Dans la région de Tambacounda, Oumou parcourt les localités périphériques pour encourager les femmes à fréquenter les structures sanitaires.
"Je suis en contact permanent avec les autres relais communautaires basés dans les différentes localités. Dès qu'un cas nécessite une prise en charge, je procède à son recensement", explique-t-elle.

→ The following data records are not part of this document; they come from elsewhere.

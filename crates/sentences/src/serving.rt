// The lines from the first sentence on: each sentence is answered, and every other line that says something is refused.
ghost use Rattle.std.specs.Prelude.{◌≡◌, ℕ, ◌<◌, ◌≤◌, ◌++◌, List, Ok, map, OnOk, option_map, vec_items};
ghost use Rattle.refusals.specs.declared.Refusal.TheVariants.{NinthLease};
ghost use Rattle.lines.specs.declared.reader.Span.{Span as Words};
ghost use Rattle.lines.specs.Said.{Says};
ghost use Rattle.sentences.specs.Lines.{numbered};
ghost use Rattle.sentences.specs.Sentence.{language, SentenceTold};
ghost use Rattle.sentences.specs.Answers.{sentence, Refusing, LinesTold};

use crate::desk::{Desk, Held, Room, priced};
use crate::printing::{faulted, handed, refused};
use crate::spelling::Spelt;
use crate::text::{Line, Lines};
use grammar::Closed;
use lines::{Allowed, Form, LineFault, Span, Stop, read_line};
use refusals::Refusal;
use scale::Scale;
use session::Session;
use std::alloc::{AllocError, Global};
use std::fmt::Display;

// What answers the sentences of a file: a desk where they are parsed, or a refusal of them all.
pub trait Answering {
    // which text answers a sentence, by the line's number, the line and the places of the words in it
    ghost answers: { Self → ℕ → List ℕ → List Words → List ℕ → Type 0 };

    // the number of the session, or 0 where there is none
    ghost session: { Self → ℕ };

    // Answers one sentence.
    fn answer(
        &mut self,
        line: Line<'_>,
        words: &[Span],
        out: &mut Vec<u8>,
    ) -> Result<(), AllocError>
        ensures text { OnOk result ((text : List ℕ) × answers self.old line.entry.number line.entry.bytes.now words.now text × (out.new.items ≡ out.old.items ++ text)) }
        ensures same { (number : ℕ) (bytes : List ℕ) (places : List Words) (text : List ℕ) → answers self.new number bytes places text → answers self.old number bytes places text }
        ensures session { session self.new ≡ session self.old };
}

impl Answering for Refusal {
    ghost answers = { Refusing };

    ghost session = { λ _. 0 };

    fn answer(
        &mut self,
        line: Line<'_>,
        _words: &[Span],
        out: &mut Vec<u8>,
    ) -> Result<(), AllocError> {
        refused(out, *self, line.number)
    }
}

impl<S: Scale> Answering for Desk<'_, S>
where
    S::Cost: Display,
{
    ghost answers = { λ desk. SentenceTold S.Scale.scale S.Cost.Display.output (language desk.held.grammar.now) desk.ladder.items };

    ghost session = { λ desk. desk.held.session.number };

    fn answer(
        &mut self,
        line: Line<'_>,
        words: &[Span],
        out: &mut Vec<u8>,
    ) -> Result<(), AllocError> {
        match self.parse(line.bytes, words) {
            Ok(tree) => {
                let held = &self.held;
                let names = Spelt {
                    grammar: held.grammar,
                    words: held.session.words(),
                };
                handed(out, &names, &tree, self.room.nodes())
            }
            Err(refusal) => refused(out, refusal, line.number),
        }
    }
}

// The places of the words of a sentence; none where the line is blank, as every other head is at a wrong place.
fn spoken(heap: Global, line: &[u8]) -> Result<Option<Vec<Span>>, Stop<LineFault>>
    ensures { Says (option_map vec_items) result (sentence line.now) }
{
    let allowed = Allowed {
        grammar: false,
        scale: false,
        ladder: false,
    };
    match read_line(heap, line, allowed)? {
        Some(Form::Say(words)) => Ok(Some(words)),
        _ => Ok(None),
    }
}

// Answers the lines in turn.
pub fn answer_lines<A: Answering>(
    heap: Global,
    desk: &mut A,
    lines: Lines<'_>,
    out: &mut Vec<u8>,
) -> Result<(), AllocError>
    ensures told { OnOk result (LinesTold (A.answers desk.old) (numbered lines.entry.passed lines.entry.rest.now) out.old.items out.new.items) }
    ensures session { A.session desk.new ≡ A.session desk.old }
{
    for line in lines {
        match faulted(spoken(heap, line.bytes))? {
            Ok(Some(words)) => desk.answer(line, &words, out)?,
            Ok(None) => {}
            Err(fault) => refused(out, fault.refusal, line.number)?,
        }
    }
    Ok(())
}

// Opens a session over the grammar, answers the lines in it, and closes it.
pub fn serve<S: Scale>(
    heap: Global,
    grammar: &mut Closed,
    weights: &[u16],
    lines: Lines<'_>,
    out: &mut Vec<u8>,
) -> Result<(), AllocError>
where
    S::Cost: Display,
    ensures leased { OnOk result (grammar.old.out < 8 → LinesTold (SentenceTold S.Scale.scale S.Cost.Display.output (language grammar.old) (map S.Scale.scale.price weights.now)) (numbered lines.entry.passed lines.entry.rest.now) out.old.items out.new.items) }
    ensures ninth { OnOk result (8 ≤ grammar.old.out → LinesTold (Refusing NinthLease) (numbered lines.entry.passed lines.entry.rest.now) out.old.items out.new.items) }
{
    let ladder = priced::<S>(heap, weights)?;
    let room = Room::new(heap, S::start(), grammar.rules().categories)?;
    let (session, lease) = match Session::open(grammar) {
        Ok(pair) => pair,
        Err(mut refusal) => return answer_lines(heap, &mut refusal, lines, out),
    };
    let mut desk = Desk::<S> {
        held: Held { grammar, session },
        ladder,
        room,
    };
    let served = answer_lines(heap, &mut desk, lines, out);
    match desk.leave().close(lease, grammar) {
        Ok(()) => served,
        Err(_back) => unreachable(),
    }
}
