// Sentence files: a grammar in bracketed lines, then sentences, each answered by one line with its cheapest tree or its refusal.
#![tactic(auto)]

ghost use Rattle.std.specs.Prelude.{IfOk, OnOk};
ghost use Rattle.sentences.specs.Lines.{numbered};
ghost use Rattle.sentences.specs.Preamble.{told};
ghost use Rattle.sentences.specs.Answers.{ByTop, LinesTold, Answers};

mod desk;
mod preamble;
mod printing;
mod serving;
mod spelling;
#[cfg(test)]
mod tests;
mod text;

use lines::ScaleName;
use preamble::Preamble;
use scale::{Sum, Worst};
use serving::{answer_lines, serve};
use std::alloc::{AllocError, Global};
use text::Lines;

// Answers the lines from the first sentence on, by what was said before it.
fn answer_sentences(
    heap: Global,
    preamble: Preamble,
    sentences: Lines<'_>,
    out: &mut Vec<u8>,
) -> Result<(), AllocError>
    ensures { OnOk result (LinesTold (ByTop (told preamble).draft.top (told preamble)) (numbered sentences.entry.passed sentences.entry.rest.now) out.old.items out.new.items) }
{
    let Preamble {
        draft,
        scale,
        ladder,
    } = preamble;
    let ceilings = ladder.unwrap_or(Vec::new(heap));
    let mut grammar = match draft.close() {
        Ok(grammar) => grammar,
        Err((mut fault, _draft)) => {
            return answer_lines(heap, &mut fault.refusal, sentences, out);
        }
    };
    match scale.unwrap_or(ScaleName::Sum) {
        ScaleName::Sum => serve::<Sum>(heap, &mut grammar, &ceilings, sentences, out),
        ScaleName::Worst => serve::<Worst>(heap, &mut grammar, &ceilings, sentences, out),
    }
}

// What a sentence file is answered: a line for each sentence and for each line that is refused.
pub fn answers(heap: Global, text: &[u8]) -> Result<Vec<u8>, AllocError>
    ensures { IfOk result (λ out. Answers text.now out.items) }
{
    let mut out = Vec::new(heap);
    let mut preamble = Preamble::new(heap);
    let sentences = preamble.read(heap, Lines::new(text), &mut out)?;
    answer_sentences(heap, preamble, sentences, &mut out)?;
    Ok(out)
}
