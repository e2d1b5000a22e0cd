// How the nodes of a tree are spelt: by the names of a grammar, and the words held.
ghost use Rattle.grammar.specs.Listed.{listed};
ghost use Rattle.sentences.specs.Written.{title, spelled};

use grammar::Closed;
use render::Spelling;

#[derive(Drop)]
pub struct Spelt<'a> {
    pub grammar: &'a Closed,
    pub words: &'a [u16],
}

impl Spelling for Spelt<'_> {
    ghost titles = { λ s. title (listed s.grammar.now.categories) };

    ghost spellings = { λ s. spelled (listed s.grammar.now.words) s.words.now };

    fn category(&self, category: u8) -> &[u8] {
        self.grammar.category_name(category)
    }

    fn word(&self, place: usize) -> &[u8] {
        match self.words.get(place.saturating_sub(1)) {
            Some(word) => self.grammar.word_name(*word),
            None => &[],
        }
    }
}
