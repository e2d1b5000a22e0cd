// The lines of a text, one after the other, each without its line end and with its number.
ghost use Rattle.std.specs.Prelude.{◌≡◌, ℕ, ◌+◌, ◌^◌, ◌<◌, length, drop};
ghost use Rattle.std.specs.Iterator.{YieldsFirstBy, item_count};
ghost use Rattle.sentences.specs.Lines.{numbered};

use lines::line_length;

// A line and its number, counted from 1.
#[derive(Clone, Copy)]
pub struct Line<'a> {
    pub number: usize,
    pub bytes: &'a [u8],
}

#[derive(Clone, Copy)]
pub struct Lines<'a> {
    // what comes after the lines that are passed, and how many these are
    rest: &'a [u8],
    passed: usize,
    ghost counted: { passed + length rest.now < 2 ^ 64 },
}

impl<'a> Lines<'a> {
    pub fn new(text: &'a [u8]) -> Lines<'a>
        ensures rest { result.rest.now ≡ text.now }
        ensures passed { result.passed ≡ 0 }
    {
        Lines {
            rest: text,
            passed: 0,
        }
    }
}

// What follows a line end, if one comes first.
fn past_end(after: &[u8]) -> &[u8]
    ensures { result.now ≡ drop 1 after.now }
{
    match after {
        [_end, rest @ ..] => rest,
        [] => after,
    }
}

impl<'a> Iterator for Lines<'a> {
    type Item = Line<'a>;

    ghost next_gives = { YieldsFirstBy (λ x. (x.number, x.bytes.now)) (λ s. numbered s.passed s.rest.now) };

    ghost remaining = { item_count (λ s. numbered s.passed s.rest.now) };

    #[tactic(auto, using(crate::proofs::Cutting::lines_first))]
    fn next(&mut self) -> Option<Line<'a>> {
        if self.rest.is_empty() {
            return None;
        }
        let (bytes, after) = self.rest.split_at(line_length(self.rest));
        self.passed += 1;
        self.rest = past_end(after);
        Some(Line {
            number: self.passed,
            bytes,
        })
    }
}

"J'aimerais alerter les autorités sur la situation de certaines femmes de Makacoulibantang qui, selon mes informations, traversent actuellement la frontière pour se faire soigner en Gambie", affirme-t-elle, appelant l'État sénégalais à tout mettre en œuvre pour les prendre en charge sur place.
Dans la région de Tambacounda, 10% des femmes réparées de la fistule obstétricale présentent des risques de récidive, selon les informations recueillies auprès du service de maternité du Centre hospitalier régional.
Une réalité corroborée par Oumou Diallo, qui alerte sur le quotidien de ces patientes aux séquelles persistantes.
"Certaines sont guéries, mais d'autres gardent des traumatismes persistants. Elles sont nombreuses dans ce cas dans la région. J'invite les autorités et les bonnes volontés à se mobiliser pour les soutenir", plaide-t-elle.